The interstellar medium manifests itself to the astronomer in various phenomena. Many of these are amorphous, diffuse structures known as Nebula. This comes from the Latin word for "cloud." Its plural is nebulae.
A beautiful example of a nebula is an emission nebula. Emission occurs when a cloud of gas is warmed up by some source of continuum radiation, say from a nearby star. The various atomic energy levels are excited by this radiation, and as the electrons jump back down to their lower energy states they emit photons at distinct spectral wavelengths. Since hydrogen gas is the most common form of gas, hydrogen emission lines are most often observed. In particular, a specific transition in the hydrogen atom corresponds to red light and color pictures of these emission regions appear red. This is the so called H-alpha emission line of hydrogen.
Figure: The Trifid Neubla (M20).
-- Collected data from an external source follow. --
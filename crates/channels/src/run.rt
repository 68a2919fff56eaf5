//! What a command line asks for, over any stores.

ghost use Rattle.std.specs.Prelude.{◌≡◌, ◌≤◌, ◌<◌, true, false, IsSome, IfOk, OnOk};
ghost use Rattle.channels.specs.Chosen.{unknown_among};
ghost use Rattle.channels.specs.declared.verdict.Verdict.TheVariants.{Clean};
ghost use Rattle.channels.specs.Asks.{GoesAll, GoesAt, GoesOver, GoesThrough, ways_of};
ghost use Rattle.channels.specs.Courses.{Goes, GoesAsFar, GoesUntil, IsLineAsked, IsPlaceAsked, SoFar};
ghost use Rattle.channels.specs.Refusals.{IsRefused};
ghost use Rattle.channels.specs.Runs.{RunsAt, RunsOnly, RunsOver, RunsThrough};
ghost use Rattle.channels.specs.Settlings.{SettlesAll, SettlesAt, SettlesOver, SettlesThrough};
ghost use Rattle.channels.specs.Streams.{Extends, HasNotices, IsQuiet, Notes};

use crate::channel_box::ChannelStores;
use crate::course::{Course, course_of};
use crate::listing::list_channel;
use crate::run_stores::RunStores;
use crate::scope::options_of;
use crate::settling::{ChannelWork, settle_channel};
use crate::store_fault::ListFault;
use crate::stores::Stores;
use crate::verdict::Verdict;
use config::config::Config;
use config::request::RunRequest;
use rand_core::Rng;
use rules::options::Cells;
use std::alloc::{AllocError, Global};
use std::io;
use std::io::Write;

/// A command line and its configuration.
#[derive(Clone, Copy)]
struct LineWork<'a> {
    alloc: Global,
    config: &'a Config,
    request: &'a RunRequest,
}

/// Does what a command line asks for: lists the mailboxes of the channels that it names, or synchronises them one after another, and prints
/// to `out` what it does (docs/FORMATS.md, "Lines of `mbsync`"). Faults are reported on `err`, and the next mailbox follows. It gives the
/// exit status: 0 where no fault was reported, else 1; notices leave it as it is. After a failed write nothing more is done, and the status
/// is 1.
///
/// Status 2: a name is neither a channel nor a group, or the words of Sync are refused; then no store was opened.
pub fn run_config<S: Stores, R: Rng, O: Write, E: Write>(
    alloc: Global,
    config: &Config,
    request: &RunRequest,
    stores: &mut S,
    rng: &mut R,
    out: &mut O,
    err: &mut E,
) -> u8
    ensures status { result ≤ 2 }
    ensures clean { result ≡ 0 → HasNotices (E.contents err.old) (E.contents err.new) }
    ensures whole { result ≡ 0 → Extends (O.contents out.old) (O.contents out.new) }
    ensures asks { result ≡ 0 → GoesAll S.noted config.now request.now (S.asked stores.old) (S.asked stores.new) }
    ensures asked { GoesAsFar S.noted config.now request.now result (E.contents err.old) (E.contents err.new)
        (S.asked stores.old) (S.asked stores.new) }
    ensures usage { result ≡ 2 → IsRefused config.now request.now }
    ensures refused { IsRefused config.now request.now → (0 < result) × (stores.new ≡ stores.old) × (rng.new ≡ rng.old) × (out.new ≡ out.old) }
    ensures settled { result ≡ 0 → request.now.lists ≡ false
        → SettlesAll S.BoxLists R.stream config.now request.now stores.old stores.new }
    ensures runs { RunsOnly S.BoxLists R.stream config.now request.now stores.old stores.new }
{
    let work = LineWork {
        alloc,
        config,
        request,
    };
    match course_of(alloc, config, request) {
        Ok(course) => run_reported(work, &course, &mut RunStores::new(stores, out, err), rng),
        Err(refusal) => match writeln!(err, "mbsync: {refusal}{}", refusal.advice()) {
            Ok(()) => refusal.status(),
            Err(_) => 1,
        },
    }
}

/// Lists or synchronises the mailboxes of these channels, and gives the exit status. Where a write failed, nothing was asked of the stores
/// after it (`RunStores`), and the status is 1.
fn run_reported<S: Stores, R: Rng, O: Write, E: Write>(
    work: LineWork<'_>,
    course: &Course,
    stores: &mut RunStores<'_, S, O, E>,
    rng: &mut R,
) -> u8
    requires going { stores.old.write_failed ≡ false }
    ensures out { stores.new.out.ghost_name ≡ stores.old.out.ghost_name }
    ensures err { stores.new.err.ghost_name ≡ stores.old.err.ghost_name }
    ensures status { result ≤ 1 }
    ensures clean { result ≡ 0 → HasNotices (E.contents stores.old.err.now) (E.contents stores.new.err.now) }
    ensures whole { result ≡ 0 → Extends (O.contents stores.old.out.now) (O.contents stores.new.out.now) }
    ensures unwritten { stores.new.write_failed ≡ true → result ≡ 1 }
    ensures stores { stores.new.stores.ghost_name ≡ stores.old.stores.ghost_name }
    ensures asks { result ≡ 0 → GoesThrough S.noted work.entry.config.now (ways_of work.entry.request.now course.now.cells)
        course.now.places.items (S.asked stores.old.stores.now) (S.asked stores.new.stores.now) }
    ensures asked { GoesUntil S.noted stores.new.write_failed (IsLineAsked work.entry.config.now (ways_of work.entry.request.now course.now.cells)
        course.now.places.items) result (S.asked stores.old.stores.now) (S.asked stores.new.stores.now) }
    ensures settled { result ≡ 0 → work.entry.request.now.lists ≡ false → SettlesThrough S.BoxLists R.stream work.entry.config.now
        (ways_of work.entry.request.now course.now.cells) course.now.places.items stores.old.stores.now stores.new.stores.now }
    ensures runs { RunsThrough S.BoxLists R.stream work.entry.config.now (ways_of work.entry.request.now course.now.cells) course.now.places.items
        stores.old.stores.now stores.new.stores.now }
{
    match run_course(work, course, stores, rng) {
        Ok(verdict) => {
            stores.end();
            verdict.status()
        }
        Err(_) => 1,
    }
}

/// Lists or synchronises the mailboxes of these channels, one channel after another.
#[tactic(auto, using(crate::proofs::StreamLemmas::stream_steps, crate::proofs::StreamLemmas::quiet_steps))]
fn run_course<S: Stores, R: Rng, O: Write, E: Write>(
    work: LineWork<'_>,
    course: &Course,
    stores: &mut RunStores<'_, S, O, E>,
    rng: &mut R,
) -> io::Result<Verdict>
    requires going { stores.old.write_failed ≡ false }
    ensures out { stores.new.out.ghost_name ≡ stores.old.out.ghost_name }
    ensures err { stores.new.err.ghost_name ≡ stores.old.err.ghost_name }
    ensures quiet { IfOk result (IsQuiet (E.contents stores.old.err.now) (E.contents stores.new.err.now)) }
    ensures whole { OnOk result (Extends (O.contents stores.old.out.now) (O.contents stores.new.out.now)) }
    ensures failed { Notes false stores.new.write_failed result }
    ensures stores { stores.new.stores.ghost_name ≡ stores.old.stores.ghost_name }
    ensures asks { IfOk result (λ verdict. verdict ≡ Clean
        → GoesOver S.noted work.entry.config.now (ways_of work.entry.request.now course.now.cells) course.now.places.items
        (S.asked stores.old.stores.now) (S.asked stores.new.stores.now)) }
    ensures asked { Goes S.noted (S.asked stores.old.stores.now) (S.asked stores.new.stores.now)
        (SoFar result (IsLineAsked work.entry.config.now (ways_of work.entry.request.now course.now.cells) course.now.places.items)) }
    ensures settled { work.entry.request.now.lists ≡ false → IfOk result (λ verdict. verdict ≡ Clean
        → SettlesOver S.BoxLists R.stream work.entry.config.now (ways_of work.entry.request.now course.now.cells) course.now.places.items
        stores.old.stores.now stores.new.stores.now) }
    ensures runs { RunsOver S.BoxLists R.stream work.entry.config.now (ways_of work.entry.request.now course.now.cells) course.now.places.items
        stores.old.stores.now stores.new.stores.now }
{
    let mut verdict = Verdict::Clean;
    for place in &course.places {
        verdict = verdict.and(run_place(work, course.cells, *place, stores, rng)?);
    }
    Ok(verdict)
}

/// Lists or synchronises the mailboxes of the channel of this place. Where memory for the options of its runs is wanting, that is reported,
/// and nothing is asked of its stores.
fn run_place<S: Stores, R: Rng, O: Write, E: Write>(
    work: LineWork<'_>,
    cells: Option<Cells>,
    place: usize,
    stores: &mut RunStores<'_, S, O, E>,
    rng: &mut R,
) -> io::Result<Verdict>
    requires going { stores.old.write_failed ≡ false }
    ensures out { stores.new.out.ghost_name ≡ stores.old.out.ghost_name }
    ensures err { stores.new.err.ghost_name ≡ stores.old.err.ghost_name }
    ensures quiet { IfOk result (IsQuiet (E.contents stores.old.err.now) (E.contents stores.new.err.now)) }
    ensures whole { OnOk result (Extends (O.contents stores.old.out.now) (O.contents stores.new.out.now)) }
    ensures failed { Notes false stores.new.write_failed result }
    ensures stores { stores.new.stores.ghost_name ≡ stores.old.stores.ghost_name }
    ensures asks { IfOk result (λ verdict. verdict ≡ Clean
        → GoesAt S.noted work.entry.config.now (ways_of work.entry.request.now cells) place
        (S.asked stores.old.stores.now) (S.asked stores.new.stores.now)) }
    ensures asked { Goes S.noted (S.asked stores.old.stores.now) (S.asked stores.new.stores.now)
        (SoFar result (IsPlaceAsked work.entry.config.now (ways_of work.entry.request.now cells) place)) }
    ensures settled { work.entry.request.now.lists ≡ false → IfOk result (λ verdict. verdict ≡ Clean
        → SettlesAt S.BoxLists R.stream work.entry.config.now (ways_of work.entry.request.now cells) place stores.old.stores.now
        stores.new.stores.now) }
    ensures runs { RunsAt S.BoxLists R.stream work.entry.config.now (ways_of work.entry.request.now cells) place stores.old.stores.now
        stores.new.stores.now }
{
    let Some(of) = ChannelStores::at(work.config, place) else {
        return stores.print_no_channel();
    };
    if work.request.lists {
        return list_channel(work.alloc, of, stores);
    }
    match options_of(work.alloc, of.channel, cells, work.request.expunges) {
        Ok(options) => {
            let channel_work = ChannelWork {
                alloc: work.alloc,
                of,
                options: &options,
            };
            settle_channel(channel_work, stores, rng)
        }
        Err(AllocError) => stores.print_list(&ListFault::NoMemory),
    }
}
This nebula exhibits many of the
features of nebulae: the red light comes from hydrogen
Balmer emission, excited by the ultraviolet radiation from a hot star
embedded in the nebula. The dark regions criss crossing the nebula
are obscuring dust. The blue region to the left of the main body is a
"reflection nebula" so named because it consists of dust that is
scattering starlight into our line of sight. Dust scatters short
wavelength (blue) light preferentially, hence the blue appearance.
Before their true nature was understood, distant galaxies were called nebula, e.g. the great "spiral nebula" in Andromeda.